### Instructions to follow
Only lines holding the word "each" are wanted from the records; copy all of them.

::: Information given

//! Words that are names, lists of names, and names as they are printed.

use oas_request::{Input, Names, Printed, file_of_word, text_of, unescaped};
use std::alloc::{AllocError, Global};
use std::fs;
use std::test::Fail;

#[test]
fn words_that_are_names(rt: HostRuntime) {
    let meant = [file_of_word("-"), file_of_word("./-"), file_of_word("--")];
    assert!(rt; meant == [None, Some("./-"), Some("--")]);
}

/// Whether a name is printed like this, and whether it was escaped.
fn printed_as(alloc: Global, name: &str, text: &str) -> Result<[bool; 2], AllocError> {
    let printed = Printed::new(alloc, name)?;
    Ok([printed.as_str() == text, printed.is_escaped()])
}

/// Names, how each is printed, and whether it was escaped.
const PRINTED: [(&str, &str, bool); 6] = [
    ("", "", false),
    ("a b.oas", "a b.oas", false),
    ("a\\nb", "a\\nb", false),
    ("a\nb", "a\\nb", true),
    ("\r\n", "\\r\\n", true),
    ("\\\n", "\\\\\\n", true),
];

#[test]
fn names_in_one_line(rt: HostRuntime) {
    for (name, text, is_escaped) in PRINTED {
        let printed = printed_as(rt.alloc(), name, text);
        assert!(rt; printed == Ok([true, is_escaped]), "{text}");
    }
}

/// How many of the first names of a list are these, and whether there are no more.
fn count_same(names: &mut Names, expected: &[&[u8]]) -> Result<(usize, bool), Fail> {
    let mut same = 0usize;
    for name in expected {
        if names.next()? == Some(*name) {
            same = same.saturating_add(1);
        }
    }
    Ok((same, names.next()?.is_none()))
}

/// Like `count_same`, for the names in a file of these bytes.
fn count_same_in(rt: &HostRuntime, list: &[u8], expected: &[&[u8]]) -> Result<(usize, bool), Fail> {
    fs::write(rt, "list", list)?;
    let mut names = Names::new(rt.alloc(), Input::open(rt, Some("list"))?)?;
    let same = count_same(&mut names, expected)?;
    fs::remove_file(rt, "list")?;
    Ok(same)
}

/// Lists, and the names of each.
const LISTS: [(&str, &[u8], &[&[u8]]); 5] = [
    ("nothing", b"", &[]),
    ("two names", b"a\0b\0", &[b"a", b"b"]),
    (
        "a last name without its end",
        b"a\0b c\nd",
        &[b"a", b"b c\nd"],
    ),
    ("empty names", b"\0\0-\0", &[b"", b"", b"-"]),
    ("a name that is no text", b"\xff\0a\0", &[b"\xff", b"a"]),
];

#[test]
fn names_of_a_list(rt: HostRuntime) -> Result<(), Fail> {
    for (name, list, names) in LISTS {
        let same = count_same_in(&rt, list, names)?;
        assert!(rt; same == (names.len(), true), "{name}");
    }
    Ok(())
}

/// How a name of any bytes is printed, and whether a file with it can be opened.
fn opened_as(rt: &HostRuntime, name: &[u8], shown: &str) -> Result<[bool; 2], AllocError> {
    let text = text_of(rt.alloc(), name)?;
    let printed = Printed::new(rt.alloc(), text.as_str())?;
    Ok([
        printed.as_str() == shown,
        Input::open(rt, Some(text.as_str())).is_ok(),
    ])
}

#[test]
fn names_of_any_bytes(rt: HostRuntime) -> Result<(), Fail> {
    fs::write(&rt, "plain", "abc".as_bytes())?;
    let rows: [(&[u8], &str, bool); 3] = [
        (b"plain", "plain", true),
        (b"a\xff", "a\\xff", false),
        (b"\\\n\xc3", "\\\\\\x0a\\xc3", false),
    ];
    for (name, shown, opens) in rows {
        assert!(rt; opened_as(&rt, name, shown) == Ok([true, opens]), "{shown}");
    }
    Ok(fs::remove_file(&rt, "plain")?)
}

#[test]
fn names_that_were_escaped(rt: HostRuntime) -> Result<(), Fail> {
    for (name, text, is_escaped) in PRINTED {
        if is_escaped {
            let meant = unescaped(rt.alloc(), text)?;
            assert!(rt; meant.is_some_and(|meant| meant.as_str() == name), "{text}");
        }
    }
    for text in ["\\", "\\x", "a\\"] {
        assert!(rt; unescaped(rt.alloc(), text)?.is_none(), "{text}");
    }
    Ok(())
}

::::::

### Answer section
/// Names, how each is printed, and whether it was escaped.
/// Lists, and the names of each.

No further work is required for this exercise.